◆ **PROMPT**: Every record, from first to last, should be retyped word for word.
+ + +
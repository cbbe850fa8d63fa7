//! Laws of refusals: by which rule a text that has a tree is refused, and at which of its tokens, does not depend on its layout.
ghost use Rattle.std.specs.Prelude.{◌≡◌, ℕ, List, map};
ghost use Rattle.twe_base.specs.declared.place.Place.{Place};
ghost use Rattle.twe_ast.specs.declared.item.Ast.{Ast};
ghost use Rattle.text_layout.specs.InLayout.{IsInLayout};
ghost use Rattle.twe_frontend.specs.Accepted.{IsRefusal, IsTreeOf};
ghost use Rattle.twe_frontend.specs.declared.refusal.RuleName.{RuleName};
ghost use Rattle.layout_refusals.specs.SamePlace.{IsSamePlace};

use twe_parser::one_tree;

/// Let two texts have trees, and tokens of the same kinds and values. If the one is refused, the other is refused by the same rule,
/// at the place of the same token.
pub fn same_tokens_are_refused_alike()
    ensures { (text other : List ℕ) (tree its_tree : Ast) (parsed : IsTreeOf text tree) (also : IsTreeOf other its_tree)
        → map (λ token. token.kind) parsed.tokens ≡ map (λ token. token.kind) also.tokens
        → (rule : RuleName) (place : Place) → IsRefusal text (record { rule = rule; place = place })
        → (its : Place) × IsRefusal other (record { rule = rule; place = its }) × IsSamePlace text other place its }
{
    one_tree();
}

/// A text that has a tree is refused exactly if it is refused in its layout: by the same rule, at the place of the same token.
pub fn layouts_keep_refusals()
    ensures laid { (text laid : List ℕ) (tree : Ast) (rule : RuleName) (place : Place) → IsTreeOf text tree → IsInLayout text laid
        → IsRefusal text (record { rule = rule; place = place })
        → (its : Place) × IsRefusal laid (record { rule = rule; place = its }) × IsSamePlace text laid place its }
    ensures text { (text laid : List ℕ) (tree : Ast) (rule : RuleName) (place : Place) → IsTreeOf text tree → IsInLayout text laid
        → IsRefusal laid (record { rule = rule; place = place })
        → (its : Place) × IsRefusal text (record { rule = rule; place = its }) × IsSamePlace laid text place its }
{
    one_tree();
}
+ + +
◆ **YOUR SOLUTION**:
repository cbbe850fa8d63fa7
//! Laws of refusals: by which rule a text that has a tree is refused, and at which of its tokens, does not depend on its layout.
ghost use Rattle.std.specs.Prelude.{◌≡◌, ℕ, List, map};
ghost use Rattle.twe_base.specs.declared.place.Place.{Place};
ghost use Rattle.twe_ast.specs.declared.item.Ast.{Ast};
ghost use Rattle.text_layout.specs.InLayout.{IsInLayout};
ghost use Rattle.twe_frontend.specs.Accepted.{IsRefusal, IsTreeOf};
ghost use Rattle.twe_frontend.specs.declared.refusal.RuleName.{RuleName};
ghost use Rattle.layout_refusals.specs.SamePlace.{IsSamePlace};

use twe_parser::one_tree;

/// Let two texts have trees, and tokens of the same kinds and values. If the one is refused, the other is refused by the same rule,
/// at the place of the same token.
pub fn same_tokens_are_refused_alike()
    ensures { (text other : List ℕ) (tree its_tree : Ast) (parsed : IsTreeOf text tree) (also : IsTreeOf other its_tree)
        → map (λ token. token.kind) parsed.tokens ≡ map (λ token. token.kind) also.tokens
        → (rule : RuleName) (place : Place) → IsRefusal text (record { rule = rule; place = place })
        → (its : Place) × IsRefusal other (record { rule = rule; place = its }) × IsSamePlace text other place its }
{
    one_tree();
}

/// A text that has a tree is refused exactly if it is refused in its layout: by the same rule, at the place of the same token.
pub fn layouts_keep_refusals()
    ensures laid { (text laid : List ℕ) (tree : Ast) (rule : RuleName) (place : Place) → IsTreeOf text tree → IsInLayout text laid
        → IsRefusal text (record { rule = rule; place = place })
        → (its : Place) × IsRefusal laid (record { rule = rule; place = its }) × IsSamePlace text laid place its }
    ensures text { (text laid : List ℕ) (tree : Ast) (rule : RuleName) (place : Place) → IsTreeOf text tree → IsInLayout text laid
        → IsRefusal laid (record { rule = rule; place = place })
        → (its : Place) × IsRefusal text (record { rule = rule; place = its }) × IsSamePlace laid text place its }
{
    one_tree();
}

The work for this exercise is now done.